One thing to start: British chemicals billionaire Sir Jim Ratcliffe has formally entered the process to buy Manchester United, as the Glazer family looks to sell one of the biggest brands in global sport.
In today’s newsletter:
Twitter’s debt deadline
Banks struggle to leave Russia
Ryan Cohen’s far-fetched Alibaba attack
Twitter awaits a monster bill
In a matter of days, Twitter may need to wire the first interest payment connected to Elon Musk’s $44bn buyout of the company.
The banks that lent $13bn to finance the acquisition — a group led by Morgan Stanley, Bank of America, Barclays and Mitsubishi — have been left in a tricky position. The $13bn is held by Twitter at a corporate level, with no personal guarantee by Musk.
If Twitter doesn’t make its first interest payment, it would join a small but notorious league of companies dubbed “NCAA” by debt traders — short for “no coupon at all” — including US car rental company Hertz and German payments group Wirecard.
Such a default would likely lead to a drawn-out debt restructuring process in US courts.
To avoid bankruptcy, Twitter could do the following, the FT’s Tabby Kinder, Richard Waters and Eric Platt explain:
Pay the interest from Twitter’s dwindling cash reserves (the company only has a cash position of about $1bn)
Sell more equity in the company to fund the payments (Twitter’s enterprise value is declining fast. Raising cash by collateralising more shares in his electric vehicle group Tesla has its own set of problems)
But bankers who spoke to the FT said Musk was unlikely to allow Twitter to file for bankruptcy, which would risk him losing control of the business. It could also wipe out his $26bn personal equity investment, as well as stakes held by investors including Sequoia Capital, Oracle co-founder Larry Ellison and Saudi prince Alwaleed bin Talal.

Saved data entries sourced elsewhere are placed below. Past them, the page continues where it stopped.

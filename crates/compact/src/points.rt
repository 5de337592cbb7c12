//! Compaction by longest paths (Lengauer 1990): points for the vertices and the corners of a plane, and why a
//! dissection gets no coordinates. Buffers are reused.
ghost use Rattle.std.specs.Prelude.{◌≡◌, [], ◌≢◌, ◌<◌, ◌↔◌, ◌++◌, IsTrue, All, length, map, slice_index, OnOk, ◌≤◌, IfOk, IfErr};
ghost use Rattle.compact.specs.declared.points.CompactFault.TheVariants.{Memory};
ghost use Rattle.dissect.specs.Paths.{turn_to};
ghost use Rattle.dissect.specs.Boxes.{dart_map};
ghost use Rattle.compact.specs.Monotone.{point_at, vertices_along, AreLeastPoints, AreCorners, IsCompactFault};
ghost use Rattle.std.specs.List.{range_with_len};
ghost use Rattle.common.specs.Slices.{slices_at, AreStarts};

use crate::axis::{Constraint, least_coordinates};
use crate::longest_paths::neighbours_of;
use common::emptied;
use dissect::Boxes;
use ortho_rep::{Point, Points};
use std::alloc::{AllocError, Global};
use std::mem;
use thiserror::Error;

/// The reason why no coordinates were returned.
#[derive(Clone, Copy, Debug, PartialEq, Eq, Error)]
pub enum CompactFault {
    /// No coordinates that grow along the darts are all at most 65,535.
    #[error("the drawing does not fit coordinates up to 65535")]
    Wide,
    /// Memory ran out, which says nothing of the boxes.
    #[error("out of memory")]
    Memory,
}

impl From<AllocError> for CompactFault {
    ghost from_gives = { λ _ fault. fault ≡ Memory };

    /// Converts an `AllocError` to the fault `Memory`. It never fails, and allocates nothing.
    fn from(_refused: AllocError) -> CompactFault {
        CompactFault::Memory
    }
}

/// The buffers of `compact_in`, reused for the next dissection. Their contents between two calls do not matter.
///
/// The points take their list with them. If it is returned before the next ones are found, these allocate no list
/// unless they have more vertices, edges or corners; if it is not, they allocate one for just what it holds.
#[derive(Drop)]
pub struct Scratch {
    pub(crate) around: Vec<u32>,
    pub(crate) x: Vec<u16>,
    pub(crate) y: Vec<u16>,
    pub(crate) segments: Vec<u32>,
    pub(crate) constraints: Vec<Constraint>,
    pub(crate) points: Vec<Point>,
    pub(crate) corners: Vec<Point>,
    pub(crate) starts: Vec<usize>,
}

impl Scratch {
    /// An empty scratch. It allocates nothing.
    pub fn empty(alloc: Global) -> Scratch
        ensures { result.around.items ≡ [] }
    {
        Scratch {
            around: Vec::new(alloc),
            x: Vec::new(alloc),
            y: Vec::new(alloc),
            segments: Vec::new(alloc),
            constraints: Vec::new(alloc),
            points: Vec::new(alloc),
            corners: Vec::new(alloc),
            starts: Vec::new(alloc),
        }
    }

    /// Consumes `points`, and keeps the buffer of their list in the scratch for the next points, in place of the one
    /// there, which is freed. It allocates nothing.
    pub fn take_back(&mut self, points: Points) {
        self.points = points.into_list();
    }
}

/// The point of a vertex, numbered from 0: its x is the item of `x` at the place `vertex`, its y that of `y`.
pub fn point_of(x: &[u16], y: &[u16], vertex: u32) -> Point
    requires x_in { vertex < length x.now }
    requires y_in { vertex < length y.now }
    ensures { result ≡ point_at (λ v. slice_index x.now v) (λ v. slice_index y.now v) vertex }
{
    Point {
        x: u32::from(x[vertex as usize]),
        y: u32::from(y[vertex as usize]),
    }
}

/// Whether the walk along an edge turns between its dart `before` and the next one, `dart`: whether their directions
/// differ.
fn is_turn(boxes: &Boxes, before: u32, dart: u32) -> bool
    requires before { before < boxes.now.darts }
    requires dart { dart < boxes.now.darts }
    ensures { IsTrue result ↔ (turn_to (dart_map boxes.now) before dart ≢ 0) }
{
    boxes.direction(before) != boxes.direction(dart)
}

/// Appends to `corners` the points at which the walk along the darts of `path` turns, in walking order: the head of
/// each dart from which the next one goes in another direction. `AllocError` if there is no memory; the points appended
/// until then stay.
///
/// `x` and `y` are the coordinates of the vertices of `boxes`. One step for each dart.
pub fn push_corners(
    corners: &mut Vec<Point>,
    boxes: &Boxes,
    x: &[u16],
    y: &[u16],
    path: &[u32],
) -> Result<(), AllocError>
    requires x_in { length x.now ≡ boxes.now.vertices }
    requires y_in { length y.now ≡ boxes.now.vertices }
    requires inside { All (λ dart. dart < boxes.now.darts) path.now }
    ensures { OnOk result (corners.new.items
        ≡ corners.old.items ++ map (point_at (λ v. slice_index x.now v) (λ v. slice_index y.now v)) (vertices_along (dart_map boxes.now) path.now)) }
{
    for k in 1..path.len() {
        let before = path[k - 1];
        if is_turn(boxes, before, path[k]) {
            corners.push(point_of(x, y, boxes.head(before)))?;
        }
    }
    Ok(())
}

/// The points of the plane's vertices, in their order, in the buffer of `lent`, with room for at least `room` points in
/// all. `AllocError` if there is no memory; `lent` is then gone.
fn vertex_points(
    lent: Vec<Point>,
    room: usize,
    boxes: &Boxes,
    x: &[u16],
    y: &[u16],
) -> Result<Vec<Point>, AllocError>
    requires enough { boxes.now.old ≤ room }
    requires x_in { length x.now ≡ boxes.now.vertices }
    requires y_in { length y.now ≡ boxes.now.vertices }
    ensures { IfOk result (λ points. points.items
        ≡ map (point_at (λ v. slice_index x.now v) (λ v. slice_index y.now v)) (range_with_len 0 boxes.now.old)) }
{
    let mut points = emptied(lent, room)?;
    for vertex in 0..u32::from(boxes.old_vertices()) {
        points.push_reserved(point_of(x, y, vertex));
    }
    Ok(points)
}

/// Returns the corner points of all edges in one list, one edge after another, and, second, the places where those of
/// each edge start, and finally where the last ones end. They are in the buffers of `corners` and `starts`.
/// `AllocError` if there is no memory; both are then gone.
fn list_corners(
    mut corners: Vec<Point>,
    starts: Vec<usize>,
    boxes: &Boxes,
    x: &[u16],
    y: &[u16],
) -> Result<(Vec<Point>, Vec<usize>), AllocError>
    requires x_in { length x.now ≡ boxes.now.vertices }
    requires y_in { length y.now ≡ boxes.now.vertices }
    ensures places { IfOk result (λ found. AreStarts found.1.items found.0.items) }
    ensures count { IfOk result (λ found. length (slices_at found.1.items found.0.items) ≡ length boxes.now.edges) }
    ensures corners { IfOk result (λ found. AreCorners boxes.now (λ v. slice_index x.now v) (λ v. slice_index y.now v)
        (length boxes.now.edges) (slices_at found.1.items found.0.items)) }
{
    corners.clear();
    let mut starts = emptied(starts, usize::from(boxes.edges()) + 1)?;
    starts.push(0)?;
    for edge in 0..boxes.edges() {
        push_corners(&mut corners, boxes, x, y, boxes.path(edge))?;
        starts.push_reserved(corners.len());
    }
    Ok((corners, starts))
}

/// The points of the plane's vertices and of its edges' corners: the least coordinates, 0 to 65,535, that grow along
/// the darts of `boxes`. `Wide` if those would exceed 65,535, `Memory` if memory runs out.
///
/// x grows to the east and y to the north. Edges run along the axes between their ends and corners.
///
/// The coordinates are the lengths of longest paths in the two constraint graphs of the dissection (Tamassia 1987).
/// They are found segment by segment, a segment being the vertices that darts across the axis join. In boxes this takes
/// time linear in the darts. If some constraint is not satisfied then, as if the grid is too small, the end of each
/// constraint that is not satisfied is raised, in rounds. The points are in one list.
///
/// # Errors
///
/// `Wide` if no coordinates that grow along the darts are all at most 65,535; `Memory` if memory runs out for the
/// neighbours, the coordinates, the segments, the constraints or the points.
pub fn compact(alloc: Global, boxes: &Boxes) -> Result<Points, CompactFault>
    ensures least { IfOk result (AreLeastPoints boxes.now) }
    ensures fault { IfErr result (IsCompactFault boxes.now) }
{
    let mut scratch = Scratch::empty(alloc);
    compact_in(alloc, &mut scratch, boxes)
}

/// The least points for the plane in `boxes`, exactly as [`compact`], or its fault `Wide` or `Memory`. It overwrites
/// the buffers of `scratch`, and allocates only if they are too small. After a fault some of them are gone.
///
/// The points take their list with them; [`Scratch::take_back`] takes it back.
///
/// # Errors
///
/// `Wide` and `Memory` as `compact`; buffers of the scratch are then gone.
pub fn compact_in(
    alloc: Global,
    scratch: &mut Scratch,
    boxes: &Boxes,
) -> Result<Points, CompactFault>
    ensures least { IfOk result (AreLeastPoints boxes.now) }
    ensures fault { IfErr result (IsCompactFault boxes.now) }
{
    let around = mem::replace(&mut scratch.around, Vec::new(alloc));
    let x = mem::replace(&mut scratch.x, Vec::new(alloc));
    let y = mem::replace(&mut scratch.y, Vec::new(alloc));
    let points = mem::replace(&mut scratch.points, Vec::new(alloc));
    let corners = mem::replace(&mut scratch.corners, Vec::new(alloc));
    let starts = mem::replace(&mut scratch.starts, Vec::new(alloc));
    let around = neighbours_of(boxes, around)?;
    let segments = &mut scratch.segments;
    let constraints = &mut scratch.constraints;
    let (x, y) = least_coordinates(boxes, &around, x, y, segments, constraints)?;
    let (corners, starts) = list_corners(corners, starts, boxes, &x, &y)?;
    let room = usize::from(boxes.old_vertices()) + corners.len() + usize::from(boxes.edges());
    let vertices = vertex_points(points, room, boxes, &x, &y)?;
    let points = Points::concatenated(vertices, &corners, &starts)?;
    scratch.around = around;
    scratch.x = x;
    scratch.y = y;
    scratch.corners = corners;
    scratch.starts = starts;
    Ok(points)
}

The following get-out-of-bankruptcy-free cards could be pulled instead:
Cutting a new deal with the banks, such as a debt-for-equity exchange at a discount to the debt’s face value
Convincing the banks to allow Twitter to defer its debt payments in forbearance
Finding alternative ways to fund its interest payments to bide time as he tries to turn around the business
With few investors lining up to take on the debt — the deal is one of Wall Street’s biggest hung financings since the financial crisis — lenders are formulating their own survival strategies. Morgan Stanley revealed on Tuesday that its investment bank had taken $356mn of mark-to-market losses on corporate loans and hedges in the fourth quarter, a hit driven by soured deals, including its loan to Twitter.
Bankers are in discussions with Musk to replace about $3bn of expensive unsecured debt that has an interest rate of 11.75 per cent, with margin loans, backed by Musk’s stake in Tesla, according to two people close to the matter.
However, one cautioned that such a deal wasn’t imminent. Musk is under no illusion that the value of that unsecured loan has plummeted in value since the buyout, raising the question of why he would take out a $3bn loan to pay off debt worth just a fraction of that.
Bankers and investors don’t expect to attempt to offload the loans any time soon. Last month, one investor told us that the debt was “un-due diligence-able”. DD is keen to see whether that theory holds.
Leaving Russia: harder than it seemed
When HSBC struck a deal to sell its Russian subsidiary to local lender Expobank in July, it looked like the bank had found a neat solution to a particularly delicate problem.
Western banks had been trying to extricate themselves from the market since Russia’s invasion of Ukraine. Pressure from domestic politicians and growing sanctions lists made the country almost impossible to do business in.
By agreeing to sell to Expobank, HSBC appeared to have achieved what few other foreign lenders had managed: a face-saving Russian exit.
Less than two weeks later, on August 5, Vladimir Putin threw a wrench in the deal.
In signing Presidential Decree No 520, the Russian president ordered that sales of certain companies, including banks, by foreign owners from “unfriendly” countries would be prohibited unless he personally rubber-stamped the deals.
For HSBC and 44 other western lenders with Russian subsidiaries, this shattered their hopes of making a swift exit from the country.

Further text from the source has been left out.